Problem

Company “Help-i-copter” allows users to rent a ride in a helicopter for a lift in style. However, Help-i-copter is having trouble creating software that find the best flat surface for the helicopter pilots to land to pick up their customers. A perfect solution would be crawling data from sites and to store it on a PostGreSQL database. What steps should they take?

Crawling

Crawling, in software terms, is the act of copying data from a website using a computer program. This data can be saved to a file, printed to your screen, or put into a database. It entirely depends on the project and its scale. On a much greater scale, where data can be overwhelming, a database would be the best option, which is why it’s important to have one. You could have your grocery list stored online, but you don’t want to login every time to see it. You could instead crawl that information off the web with a command like:

soup.find_all('a', attrs={'class': ‘list'})

  • Write a crawling program that collects data from multiple sources, to get the most accurate data. This program would most likely be written in Python as it has access to modules like Requests and BeautifulSoup.

import requests
from bs4 import BeautifulSoup
url = "http://www.placeforyourhelicopter.com"
r = requests.get(url)
soup = BeautifulSoup(r.content, "html.parser")
surfaces = soup.find_all('a', attrs={'class': 'surface'})
for d in surfaces:
#getting all the surface information

  • Store the found data on a PostGreSQL database. This allows the data to be stored and sorted. When it’s sorted, this allows the data to be queried quickly and efficiently.

import psycopg2
endpoint = "surfaces.amazonaws.com"
c = psycopg2.connect(host=endpoint ,database="surfaces", user="admin", password="admin")
cursor = c.cursor()
query = "INSERT INTO surfaces (airtraffic,windspeed,date_produced,lat,lon,state) VALUES (%s,%s,%s,%s,%s,%s);"
data = #all info from surfaces in an array
cursor.execute(query, data)

  • Create an app that allows pilots to enter in a variable they want to query and parameters for that variable. Then use Python and the Psycopg2 module to query the data accordingly. This app with allow non-programmers to access the database without having to learn PostGreSQL.

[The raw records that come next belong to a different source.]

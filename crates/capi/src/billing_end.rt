// A subscriber ledger for C, behind the functions of include/logwhisker.h: numbers, slices and references to arrays
// only. Assumes of a caller that pointers and lengths are right. It promises what the library's face does.
ghost use Rattle.std.specs.Prelude.{◌≡◌, cond};
ghost use Rattle.ledger.specs.Ledger.{empty};
ghost use Rattle.ledger_words.specs.LedgerWords.{ledger_in};
ghost use Rattle.logwhisker.specs.Face.{LeftIfRefused, block_taken, total_told, sum_told};

use logwhisker::{billing, refusal_number};

// Opens a ledger.
#[unsafe(no_mangle)]
pub extern "C" fn lw_raw_ledger_open(words: &mut [u64; 2049])
    ensures { ledger_in words.new ≡ empty }
{
    billing::open(words)
}

// Takes a block of readings: 0, or the refusal.
#[unsafe(no_mangle)]
pub extern "C" fn lw_raw_ledger_take(words: &mut [u64; 2049], block: &[u8]) -> u32
    ensures value { result ≡ (block_taken words.old block.now).refusal }
    ensures words_after { ledger_in words.new ≡ (block_taken words.old block.now).ledger }
    ensures left_if_refused { LeftIfRefused result words.old words.new }
{
    u32::from(refusal_number(&billing::take(words, block)))
}

// Writes what is charged to a subscriber, and answers 1 where it was ever read, else 0.
#[unsafe(no_mangle)]
pub extern "C" fn lw_raw_ledger_total(words: &[u64; 2049], subscriber: u32, total: &mut u64) -> u32
    ensures value { result ≡ cond (total_told words.now subscriber).read 1 0 }
    ensures total_after { total.new ≡ (total_told words.now subscriber).bytes }
{
    let told = billing::total(words, subscriber);
    *total = told.unwrap_or(0);
    u32::from(told.is_some())
}

// The sum of what is charged to all.
#[unsafe(no_mangle)]
pub extern "C" fn lw_raw_ledger_sum(words: &[u64; 2049]) -> u64
    ensures { result ≡ sum_told words.now }
{
    billing::sum(words)
}
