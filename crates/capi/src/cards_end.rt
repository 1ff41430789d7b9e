// A table of cards at one host for C, behind the functions of include/logwhisker.h: numbers, slices and references to
// arrays only. Assumes of a caller that pointers and lengths are right. It promises what the library's face does, with
// answers as words and with what is due written (host_answer/specs/Due.antt).
ghost use Rattle.std.specs.Prelude.{◌≡◌, get_or};
ghost use Rattle.wire.specs.Reading.{source as source_in};
ghost use Rattle.host.specs.Host.{LeavesWords, answer_words, answer_of};
ghost use Rattle.host_answer.specs.Due.{due_number, written_where_due};
ghost use Rattle.host_words.specs.Words.{pair_of};
ghost use Rattle.table_register.specs.TableAdopting.{taken_into};
ghost use Rattle.table_words.specs.TableWords.{table_of};
ghost use Rattle.table_words.specs.TableDescribing.{table_description};
ghost use Rattle.logwhisker.specs.Face.{
  LeftIfRefused,
  table_opened,
  card_registered,
  card_removed,
  received_at_table,
  card_acknowledgement,
  card_taken,
  card_adopted,
};

use logwhisker::{FrameNo, cards, refusal_number};

// Opens a table: 0, or 13 where our ID is 0.
#[unsafe(no_mangle)]
pub extern "C" fn lw_raw_table_open(words: &mut [u64; 1121], own: u16) -> u32
    ensures value { result ≡ (table_opened own).refusal }
    ensures words_after { table_of words.new ≡ (table_opened own).table }
{
    u32::from(refusal_number(&cards::open(words, own)))
}

// Registers a card with a region of a memory of that length: 0, or the refusal.
#[unsafe(no_mangle)]
pub extern "C" fn lw_raw_table_register(
    words: &mut [u64; 1121],
    source: u16,
    first: usize,
    size: usize,
    memory: usize,
) -> u32
    ensures value { result ≡ (card_registered words.old source first size memory).refusal }
    ensures words_after { table_of words.new
        ≡ (card_registered words.old source first size memory).table }
    ensures left_if_refused { LeftIfRefused result words.old words.new }
{
    u32::from(refusal_number(&cards::register(words, source, first, size, memory)))
}

// Removes a card: 0, or 3.
#[unsafe(no_mangle)]
pub extern "C" fn lw_raw_table_remove(words: &mut [u64; 1121], source: u16) -> u32
    ensures value { result ≡ (card_removed words.old source).refusal }
    ensures words_after { table_of words.new ≡ (card_removed words.old source).table }
    ensures left_if_refused { LeftIfRefused result words.old words.new }
{
    u32::from(refusal_number(&cards::remove(words, source)))
}

// Receives a frame, and answers the kind of the answer, whose words are written, as is the source that the frame names.
#[unsafe(no_mangle)]
pub extern "C" fn lw_raw_table_receive(
    words: &mut [u64; 1121],
    frame: &[u8],
    memory: &mut [u8],
    source: &mut u16,
    answer: &mut [u64; 8],
) -> u32
    ensures value { result
        ≡ get_or (answer_words (received_at_table words.old frame.now memory.old
        ).answer) 0 0 }
    ensures words_after { table_of words.new
        ≡ (received_at_table words.old frame.now memory.old).table }
    ensures memory_after { memory.new
        ≡ (received_at_table words.old frame.now memory.old).memory }
    ensures source_after { source.new ≡ source_in frame.now }
    ensures answer_after { answer.new
        ≡ answer_words (received_at_table words.old frame.now memory.old
        ).answer }
    ensures leaves_words { LeavesWords
        (received_at_table words.old frame.now memory.old).answer
        words.old words.new }
{
    *source = cards::source_of(frame);
    let a = cards::receive(words, frame, memory);
    logwhisker::put_answer(answer, a);
    logwhisker::kind_of(a)
}

// Writes the acknowledgement that an answer to a source's frame calls for and answers 1; where it calls for none
// nothing is written and the answer is 0.
#[unsafe(no_mangle)]
pub extern "C" fn lw_raw_table_acknowledge(
    words: &[u64; 1121],
    source: u16,
    answer: &[u64; 8],
    number: u16,
    frame: &mut [u8; 10],
) -> u32
    ensures value { result
        ≡ due_number (card_acknowledgement words.now source
        (answer_of (get_or answer.now 0 0) (get_or answer.now 1 0) (get_or answer.now 7 0))
        number) }
    ensures frame_after { frame.new
        ≡ written_where_due (card_acknowledgement words.now source
        (answer_of (get_or answer.now 0 0) (get_or answer.now 1 0) (get_or answer.now 7 0))
        number)
        frame.old }
{
    let a = host_answer::answer_of(answer[0], answer[1], answer[7]);
    let ack = cards::acknowledge(words, source, a, FrameNo(number));
    logwhisker::put_acknowledgement(frame, ack)
}

// Copies a card's pair out as a host's: 0, or 3.
#[unsafe(no_mangle)]
pub extern "C" fn lw_raw_table_take(words: &[u64; 1121], source: u16, pair: &mut [u64; 67]) -> u32
    ensures value { result ≡ (card_taken words.now source).refusal }
    ensures pair_after { pair_of pair.new
        ≡ taken_into (table_of words.now) source (pair_of pair.old) }
    ensures left_if_refused { LeftIfRefused result pair.old pair.new }
{
    u32::from(refusal_number(&cards::take(words, source, pair)))
}

// Registers the card that is a host's peer, with the host's pair: 0, or the refusal.
#[unsafe(no_mangle)]
pub extern "C" fn lw_raw_table_adopt(
    words: &mut [u64; 1121],
    pair: &[u64; 67],
    first: usize,
    size: usize,
    memory: usize,
) -> u32
    ensures value { result
        ≡ (card_adopted words.old pair.now first size memory).refusal }
    ensures words_after { table_of words.new
        ≡ (card_adopted words.old pair.now first size memory).table }
    ensures left_if_refused { LeftIfRefused result words.old words.new }
{
    u32::from(refusal_number(&cards::adopt(words, pair, first, size, memory)))
}

// Describes a table: our ID, and each place's source and region.
#[unsafe(no_mangle)]
pub extern "C" fn lw_raw_table_describe(words: &[u64; 1121], description: &mut [u64; 49])
    ensures { description.new ≡ table_description (table_of words.now) }
{
    *description = cards::describe(words);
}
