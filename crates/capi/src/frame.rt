// What a C program is offered: reading a frame's layout, asking a refusal's class, and counting marks. Assumes of a
// caller that a slice's pointer and length are right (include/logwhisker.h). It promises one number a call, over any
// bytes, as specs/Numbers.antt, wire_read/specs/Layout.antt and wire/specs/Reading.antt say.
ghost use Rattle.std.specs.Prelude.{◌≡◌};
ghost use Rattle.bitmap.specs.Marks.{trailing_ones};
ghost use Rattle.refusal.specs.Class.{class_of, class_number};
ghost use Rattle.wire.specs.Reading.{refusal_of};
ghost use Rattle.wire_read.specs.Layout.{messages_of, bytes_of};
ghost use Rattle.capi.specs.Numbers.{layout_in, header_in};

use bitmap::Bitmap;
use seq::FrameNo;
use wire::FrameHeader;
use wire_read::layout;

// 0 where the layout can be read, else the refusal: 1, 2, 4 or 5.
#[unsafe(no_mangle)]
pub extern "C" fn lw_layout_refusal(frame: &[u8]) -> u32
    ensures { result ≡ refusal_of (layout_in frame.now) }
{
    u32::from(refusal::refusal_number(&layout::layout_of(frame)))
}

// How many messages the frame has; 0 where the layout is refused.
#[unsafe(no_mangle)]
pub extern "C" fn lw_message_count(frame: &[u8]) -> u32
    ensures { result ≡ messages_of (layout_in frame.now) }
{
    layout::layout_of(frame).map_or(0, |read| read.messages)
}

// How many data bytes its messages carry; 0 where the layout is refused.
#[unsafe(no_mangle)]
pub extern "C" fn lw_data_bytes(frame: &[u8]) -> u32
    ensures { result ≡ bytes_of (layout_in frame.now) }
{
    layout::layout_of(frame).map_or(0, |read| read.data_bytes)
}

// The frame header, as it stands on the wire; zeros where the layout is refused. Each call below gives a field of it.
fn header_in(frame: &[u8]) -> FrameHeader
    ensures { result ≡ header_in frame.now }
{
    match layout::layout_of(frame) {
        Ok(_) => wire_read::frame_header(frame),
        Err(_) => FrameHeader {
            destination: 0,
            source: 0,
            number: FrameNo(0),
            ackstart: FrameNo(0),
            ackcount: 0,
            flags: 0,
        },
    }
}

#[unsafe(no_mangle)]
pub extern "C" fn lw_destination(frame: &[u8]) -> u32
    ensures { result ≡ (header_in frame.now).destination }
{
    u32::from(header_in(frame).destination)
}

#[unsafe(no_mangle)]
pub extern "C" fn lw_source(frame: &[u8]) -> u32
    ensures { result ≡ (header_in frame.now).source }
{
    u32::from(header_in(frame).source)
}

#[unsafe(no_mangle)]
pub extern "C" fn lw_frame_number(frame: &[u8]) -> u32
    ensures { result ≡ (header_in frame.now).number.0 }
{
    u32::from(header_in(frame).number.0)
}

#[unsafe(no_mangle)]
pub extern "C" fn lw_ack_start(frame: &[u8]) -> u32
    ensures { result ≡ (header_in frame.now).ackstart.0 }
{
    u32::from(header_in(frame).ackstart.0)
}

#[unsafe(no_mangle)]
pub extern "C" fn lw_ack_count(frame: &[u8]) -> u32
    ensures { result ≡ (header_in frame.now).ackcount }
{
    u32::from(header_in(frame).ackcount)
}

#[unsafe(no_mangle)]
pub extern "C" fn lw_flags(frame: &[u8]) -> u32
    ensures { result ≡ (header_in frame.now).flags }
{
    u32::from(header_in(frame).flags)
}

// The class of a refusal number: 0 none, 1 wire, 2 message, 3 caller, 4 card.
#[unsafe(no_mangle)]
pub extern "C" fn lw_refusal_class(refusal: u32) -> u32
    ensures { result ≡ class_number (class_of refusal) }
{
    u32::from(refusal::class_of(refusal))
}

// How many of 64 marks are set below the lowest clear one; 64 without a clear one.
#[unsafe(no_mangle)]
pub extern "C" fn lw_trailing_ones(marks: u64) -> u32
    ensures { result ≡ trailing_ones 64 marks }
{
    marks.run_length()
}
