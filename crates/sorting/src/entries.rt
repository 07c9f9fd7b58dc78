// Items with the same code become one entry: where a code's entry stands, and what mask it has so far.
ghost use Rattle.std.specs.Prelude.{◌≡◌, length, get_or};
ghost use Rattle.sorting.specs.Inner.Entries.{CodesRise, Placed};

// The number of a code's entry, where no entry so far has a greater code: that of the last one, or the next.
pub fn entry_for(keys: &[u32], code: u32) -> usize
    requires { CodesRise keys.now (length keys.now) code }
    ensures { Placed keys.now (length keys.now) code result }
{
    match keys.last() {
        Some(last) if *last == code => keys.len() - 1,
        _ => keys.len(),
    }
}

// The mask that an entry has, by its number, where it is one of the entries so far, and else none.
pub fn mask_of(masks: &[u32], at: usize) -> u32
    ensures { result ≡ get_or masks.now at 0 }
{
    masks.get(at).copied().unwrap_or(0)
}
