// The state between two calls. No jump and no global volume waits in it: neither outlives a row.
use channel::state::{Channel, Switches};
use row_path::machine::Path;

#[derive(Clone, Copy)]
pub struct State {
    pub path: Path,
    pub channels: [Channel; 32],
    pub global_volume: u8,
    pub switches: Switches,
}

// What Section gives: the rows written, whether the tune has ended, and the state behind them.
#[derive(Clone, Copy)]
pub struct Progress {
    pub rows: u32,
    pub ended: bool,
    pub state: State,
}
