// Open.
ghost use Rattle.std.specs.Prelude.{◌≡◌, map};
ghost use Rattle.channel.specs.Opening.{opened_channel};
ghost use Rattle.section.specs.Tables.{lent_by};
ghost use Rattle.section.specs.Typed.{ByteTables, ShapedOpening};
ghost use Rattle.section.specs.Open.{fresh_state, open_of, opened};

use crate::rules::check_open;
use crate::state::State;
use channel::state::{Channel, Switches, open_channel};
use row_path::machine::first_path;
use tune::opening::{ChannelOpening, Opening};
use tune::rules::Refusal;
use tune::sizes::Tables;

// The channels of a fresh state. (`map` would copy them once more.)
fn open_channels(openings: [ChannelOpening; 32]) -> [Channel; 32]
    ensures { result ≡ map opened_channel openings }
{
    let mut channels = [open_channel(openings[0]); 32];
    for i in 0..32 {
        channels[i] = open_channel(openings[i]);
    }
    channels
}

#[tactic(auto, unfolding(crate::specs::Open::fresh_state))]
pub fn fresh_state(o: Opening) -> State
    ensures { result ≡ fresh_state o }
{
    let openings = o.channels;
    State {
        path: first_path(o.speed, o.tempo, o.rate),
        channels: open_channels(openings),
        global_volume: o.global_volume,
        switches: Switches {
            amiga_limits: o.amiga_limits,
            fast_slides: o.fast_slides,
        },
    }
}

// Open: the fresh state of a tune, or rule 9 or 10.
#[tactic(auto, unfolding(crate::specs::Open::open_of))]
pub fn open(tables: Tables, o: Opening) -> Result<State, Refusal>
    ensures answer { opened result ≡ open_of (lent_by tables.entry) o }
    ensures typed { ByteTables (lent_by tables.entry) × ShapedOpening o }
{
    check_open(tables, o)?;
    Ok(fresh_state(o))
}
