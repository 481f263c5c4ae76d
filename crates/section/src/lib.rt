// Open and Section: the two machines side by side, and the records that they write.
#![tactic(auto)]

pub mod open;
pub mod record;
pub mod rules;
pub mod state;
pub mod walk;
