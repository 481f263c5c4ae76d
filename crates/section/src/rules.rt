// Rules 9 and 10, and 9, 11, 17 and 12.
ghost use Rattle.std.specs.Prelude.{◌≡◌, not};
ghost use Rattle.laws.specs.Entries.{every};
ghost use Rattle.channel.specs.LevelLimits.{level_above};
ghost use Rattle.tune.specs.Numbers.{Bytes};
ghost use Rattle.tune.specs.Rules.{verdict};
ghost use Rattle.section.specs.Tables.{lent_by};
ghost use Rattle.section.specs.Typed.{ByteTables, Shaped, ShapedOpening};
ghost use Rattle.section.specs.Open.{open_rule};
ghost use Rattle.section.specs.Section.{path_broken, channel_broken, state_rule, levels_rule, room_rule, section_rule};

use crate::state::State;
use channel::levels::volume_limit;
use channel::state::Channel;
use row_path::machine::Path;
use tune::opening::{Opening, check_opening, rate_broken};
use tune::rules::{Refusal, refuse_if};
use tune::sizes::{Tables, check_sizes};
use tune::transposition::is_beyond_24;

#[tactic(auto, unfolding(crate::specs::Section::path_broken))]
fn path_broken(p: Path) -> bool
    ensures { result ≡ path_broken p }
{
    (63 < p.place.row)
        | (63 < p.pattern_loop.start_row)
        | (p.clock.speed == 0)
        | (p.clock.tempo < 32)
        | (0x4000_0000_0000_0000 < p.clock.start)
        | rate_broken(p.clock.rate)
        | (2 * (p.clock.tempo as u16) <= p.clock.remainder)
}

#[tactic(auto, unfolding(crate::specs::Section::channel_broken))]
fn channel_broken(c: &Channel) -> bool
    ensures { result ≡ channel_broken c.now }
{
    c.frequency.is_nan() | c.target_frequency.is_nan() | is_beyond_24(c.fixed.transposition)
}

#[tactic(auto, unfolding(channel::specs::LevelLimits::level_above))]
fn level_above(c: &Channel) -> bool
    ensures { result ≡ level_above c.now }
{
    (volume_limit(c.fixed.adlib) < c.volume) | (15 < c.pan)
}

// Rule 11: the state is none that a section can go on from.
#[tactic(auto, unfolding(crate::specs::Section::state_rule))]
fn check_state(s: State) -> Result<(), Refusal>
    ensures { verdict result ≡ state_rule s }
{
    let broken = path_broken(s.path) | !s.channels.iter().all(|c| !channel_broken(c));
    refuse_if(broken, Refusal::State)
}

// Rule 17: a channel's level cannot be real.
#[tactic(auto, unfolding(crate::specs::Section::levels_rule))]
fn check_levels(s: State) -> Result<(), Refusal>
    ensures { verdict result ≡ levels_rule s }
{
    let kept = s.channels.iter().all(|c| !level_above(c));
    refuse_if(!kept, Refusal::ChannelLevels)
}

// Rule 12: n is too large or the output too short.
#[tactic(auto, unfolding(crate::specs::Section::room_rule))]
fn check_room(n: u32, room: usize) -> Result<(), Refusal>
    ensures { verdict result ≡ room_rule n room }
{
    refuse_if((65535 < n) | (room < 536 * (n as usize)), Refusal::Room)
}

// Does nothing: its promise is what the types of two lent parts say, from which the calls on a tune have `typed`.
fn bytes_typed(cells: &[u8], samples: &[u8])
    ensures { Bytes cells.now × Bytes samples.now }
{}

// The same of a state.
fn state_typed(s: State)
    ensures { Shaped s }
{}

// The first of rules 9 and 10 that is broken. `typed` has what the theorems on a tune presuppose.
#[tactic(auto, using(tune::proofs::Checks::refused, tune::proofs::Checks::passed, crate::proofs::Typed::tune_typed), unfolding(crate::specs::Open::open_rule))]
pub fn check_open(tables: Tables, o: Opening) -> Result<(), Refusal>
    ensures answer { verdict result ≡ open_rule (lent_by tables.entry) o }
    ensures typed { ByteTables (lent_by tables.entry) × ShapedOpening o }
{
    bytes_typed(tables.cells, tables.samples);
    check_sizes(tables)?;
    check_opening(o)
}

// The first of rules 9, 11, 17 and 12 that is broken. `typed` has what the theorems on a call presuppose.
#[tactic(auto, using(tune::proofs::Checks::refused, tune::proofs::Checks::passed), unfolding(crate::specs::Section::section_rule))]
pub fn check_section(tables: Tables, s: State, n: u32, room: usize) -> Result<(), Refusal>
    ensures answer { verdict result ≡ section_rule (lent_by tables.entry) s n room }
    ensures typed { ByteTables (lent_by tables.entry) × Shaped s }
{
    bytes_typed(tables.cells, tables.samples);
    state_typed(s);
    check_sizes(tables)?;
    check_state(s)?;
    check_levels(s)?;
    check_room(n, room)
}
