// Section: its loop, and the call.
ghost use Rattle.std.specs.Prelude.{◌≡◌, true, not, map, ◌<◌, length, Ok};
ghost use Rattle.laws.specs.Choice.{pick};
ghost use Rattle.laws.specs.Entries.{every};
ghost use Rattle.tune.specs.Cells.{cell_of};
ghost use Rattle.channel.specs.Rest.{at_rest, quiet};
ghost use Rattle.section.specs.Tables.{lent_by};
ghost use Rattle.section.specs.Records.{channels_bytes};
ghost use Rattle.section.specs.Section.{channel_broken, section_rule, gave, section_of, sectioned, answered, output_after};
ghost use Rattle.section.specs.Typed.{ByteTables, Shaped};
ghost use Rattle.section.specs.Walk as spec;

use crate::record::{put_channel, put_head};
use crate::rules::check_section;
use crate::state::{Progress, State};
use channel::channels::{hear_volume, mark};
use channel::rest::is_at_rest;
use channel::row::enter_channel;
use channel::state::{Channel, Switches};
use pitch::periods::PeriodTable;
use row_path::machine::{Path, enter, leave};
use tune::cells::{Row, cell_of, row_cells};
use tune::numbers::u32_at;
use tune::rules::Refusal;
use tune::sizes::Tables;

// What a call gives, whose state the loop keeps in parts.
fn given(
    rows: u32,
    path: Path,
    channels: [Channel; 32],
    global_volume: u8,
    switches: Switches,
) -> Progress
    ensures { result ≡ record { rows = rows; ended = path.ended; state = record { path = path; channels = channels; global_volume = global_volume; switches = switches } } }
{
    Progress {
        rows,
        ended: path.ended,
        state: State {
            path,
            channels,
            global_volume,
            switches,
        },
    }
}

// Whether a channel's cell of a row is quiet: its first four bytes as one number, and the fifth.
fn is_quiet_at(row: &Row, i: usize) -> bool
    requires { i < 32 }
    ensures { result ≡ quiet (cell_of row.now i) }
{
    let at = i * 5;
    (u32_at(row, at) == 0x00FF_00FF) & (row[at + 4] == 0)
}

// The channels' bytes, as a record has them.
fn shown_of(channels: &[Channel; 32]) -> [u8; 512]
    requires { every (λ i c. not (channel_broken c)) 0 channels.now ≡ true }
    ensures { result ≡ channels_bytes channels.now }
{
    let mut shown = [0; 512];
    for i in 0..32 {
        put_channel(&mut shown, i * 16, channels[i]);
    }
    shown
}

// Which channels are at rest. (`map` would copy the channels.)
fn rests_of(channels: &[Channel; 32]) -> [bool; 32]
    ensures { result ≡ map at_rest channels.now }
{
    let mut rests = [false; 32];
    for i in 0..32 {
        rests[i] = is_at_rest(channels[i]);
    }
    rests
}

// The first channel that a visit enters: a held visit enters none.
fn first_entered(held: bool) -> usize
    ensures { result ≡ pick held 32 0 }
{
    if held { 32 } else { 0 }
}

// Up to n rows. One local array of channels serves the whole call: a state copied for each row would cost more than
// the row. Beside it stand the channels' bytes and which are at rest: a channel that nothing happens to costs one test,
// and a record's channels are one copy.
fn walk(tables: Tables, s: State, n: u32, output: &mut [u8]) -> Progress
    requires { section_rule (lent_by tables) s n (length output.old) ≡ 0 }
    ensures answer { answered s (Ok result) ≡ sectioned (gave (spec.walk (lent_by tables.entry) n s)) }
    ensures written { output.new ≡ output_after output.old (gave (spec.walk (lent_by tables.entry) n s)) }
{
    let table = PeriodTable::new();
    let mut path = s.path;
    let mut channels = s.channels;
    let mut global = s.global_volume;
    let mut shown = shown_of(&channels);
    let mut rests = rests_of(&channels);
    for rows in 0..n {
        if path.ended {
            return given(rows, path, channels, global, s.switches);
        }
        let e = enter(tables.orders, tables.cells, path);
        let here = e.path;
        if here.ended {
            return given(rows, here, channels, global, s.switches);
        }
        let at = rows as usize * 536;
        let row = row_cells(tables.cells, e.pattern, here.place.row);
        let infos = here.s_info;
        let mut strikes: u32 = 0;
        let mut waiting = global;
        for i in first_entered(here.hold.held)..32 {
            // No `continue` for a quiet cell: the compiler would then work the channel's places out anew behind each other one.
            if !(is_quiet_at(row, i) & rests[i]) {
                let cell = cell_of(row, i);
                let c = channels[i];
                let played = enter_channel(
                    c,
                    cell,
                    infos[i],
                    tables.samples,
                    &table,
                    s.switches,
                    global,
                );
                let d = played.channel;
                put_channel(&mut shown, i * 16, d);
                rests[i] = is_at_rest(d);
                channels[i] = d;
                strikes = mark(strikes, i, played.struck);
                waiting = hear_volume(cell, waiting);
            }
        }
        let from = at + 24;
        output[from..from + 512].copy_from_slice(&shown);
        put_head(output, at, e, global, strikes);
        path = leave(tables.orders, e);
        global = waiting;
    }
    given(n, path, channels, global, s.switches)
}

// Section: up to n rows, each a record of 536 bytes; or rule 9, 11, 17 or 12. `typed` has what the theorems on a call
// presuppose.
#[tactic(auto, using(crate::proofs::Answers::refused_answer, crate::proofs::Answers::refused_output, crate::proofs::Answers::given_is))]
pub fn section(tables: Tables, s: State, n: u32, output: &mut [u8]) -> Result<Progress, Refusal>
    ensures answer { answered s result ≡ sectioned (section_of (lent_by tables.entry) s n (length output.old)) }
    ensures written { output.new ≡ output_after output.old (section_of (lent_by tables.entry) s n (length output.old)) }
    ensures typed { ByteTables (lent_by tables.entry) × Shaped s }
{
    check_section(tables, s, n, output.len())?;
    Ok(walk(tables, s, n, output))
}
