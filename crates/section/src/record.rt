// The 536 bytes of a record.
ghost use Rattle.std.specs.Prelude.{◌≡◌, not, ◌++◌, ◌+◌, ◌≤◌, T, length, take, drop};
ghost use Rattle.std.specs.Float.Ieee.{is_nan};
ghost use Rattle.section.specs.Records.{delay_tick, row_head, channel_bytes};

use channel::state::{Channel, PendingTrigger};
use row_path::machine::{Entered, row_length};
use tune::parts::put_at;

fn delay_tick(t: Option<PendingTrigger>) -> u8
    ensures { result ≡ delay_tick t }
{
    match t {
        None => 0,
        Some(p) => p.fire_tick,
    }
}

// The row head's 24 bytes.
fn head_bytes(e: Entered, global: u8, strikes: u32) -> [u8; 24]
    requires { (32 ≤ e.path.clock.tempo) × (e.path.clock.rate ≤ 100000) }
    ensures { result ≡ row_head e global strikes }
{
    let clock = e.path.clock;
    let s = clock.start.to_le_bytes();
    let m = strikes.to_le_bytes();
    let l = row_length(clock).to_le_bytes();
    [
        e.path.place.order,
        e.pattern,
        e.path.place.row,
        u8::from(e.path.hold.held),
        clock.speed,
        clock.tempo,
        global,
        0,
        s[0],
        s[1],
        s[2],
        s[3],
        s[4],
        s[5],
        s[6],
        s[7],
        m[0],
        m[1],
        m[2],
        m[3],
        l[0],
        l[1],
        l[2],
        l[3],
    ]
}

// A channel's 16 bytes.
fn channel_bytes(c: Channel) -> [u8; 16]
    requires { T (not (is_nan c.frequency)) × T (not (is_nan c.target_frequency)) }
    ensures { result ≡ channel_bytes c }
{
    let delay = c.pending_delay;
    let f = f32::to_bits(c.frequency).to_le_bytes();
    let t = f32::to_bits(c.target_frequency).to_le_bytes();
    [
        f[0],
        f[1],
        f[2],
        f[3],
        t[0],
        t[1],
        t[2],
        t[3],
        c.instrument,
        c.volume,
        c.pan,
        u8::from(c.active),
        c.last_note,
        delay_tick(delay),
        c.voice_global_vol,
        c.opl_voice,
    ]
}

// Writes a row head at a place of the output, whose other bytes stay.
pub fn put_head(output: &mut [u8], at: usize, e: Entered, global: u8, strikes: u32)
    requires { (at + 24 ≤ length output.old) × (32 ≤ e.path.clock.tempo) × (e.path.clock.rate ≤ 100000) }
    ensures { output.new ≡ take at output.old ++ (row_head e global strikes ++ drop (at + 24) output.old) }
{
    let bytes = head_bytes(e, global, strikes);
    put_at(output, at, &bytes);
}

// Writes a channel at a place of the output, whose other bytes stay.
pub fn put_channel(output: &mut [u8], at: usize, c: Channel)
    requires { (at + 16 ≤ length output.old) × T (not (is_nan c.frequency)) × T (not (is_nan c.target_frequency)) }
    ensures { output.new ≡ take at output.old ++ (channel_bytes c ++ drop (at + 16) output.old) }
{
    let bytes = channel_bytes(c);
    put_at(output, at, &bytes);
}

letter = raw_input("Choose a number: ")
cursor.execute("SELECT * FROM surfaces WHERE airtraffic LIKE " + letter)
for row in cursor:
print str(row) + "\n"

 

Databases

So why is it important to store large amounts of data on a database? Simply, it gives you an easy way to find and query data. For example, let’s say you have a list of employees you got from your company’s website, and added it to a PostGreSQL database. In such a database, finding data like “all employees with a first name that begins with an L” would be much simpler, as databases are well organized. Simple commands like:

where employee_name LIKE 'L%'

would return “Larry, Liz, and Lucy” quickly and efficiently.

Bounding Box

 

This data could be used in a lot of ways. Namely, we could use out latitude and longitude coordinates to create a bounding box and get information about the areas within that box. This could help Help-i-copter in a number of ways. Pilots could use a bounding box to find flat areas near them and sort those by air-traffic, location, etc… It will be essentially asking the pilot the maximum and minimum coordinates of the box and then looking through the database for any surface that fit the description. Here’s what that might look like in Python:

xmin = raw_input("What is the minimum latitude? ")
xmax = raw_input("What is the maximum latitude? ")
ymin = raw_input("What is the minimum longitude? ")
ymax = raw_input("What is the maximum longitude? ")
cursor.execute("SELECT * FROM surfaces WHERE GEOMETRY(lat,lon) && ST_MakeEnvelope("
+ ymin + "," + ymin + "," + xmax + "," + ymax + ", 4326)")
for row in cursor:
print str(row) + "\n"

Conclusion

 

As you can see, crawling and databases can work very well together, especially when crawling large amounts of data. It would be otherwise inefficient and a lot slower to just store data on a normal document, or to do a crawl of the page every time you run the program. Help-i-copter able to efficiently crawl a site, upload data to a web page, and query that data back to a pilot quickly. Thanks to the power of PostGreSQL and Python.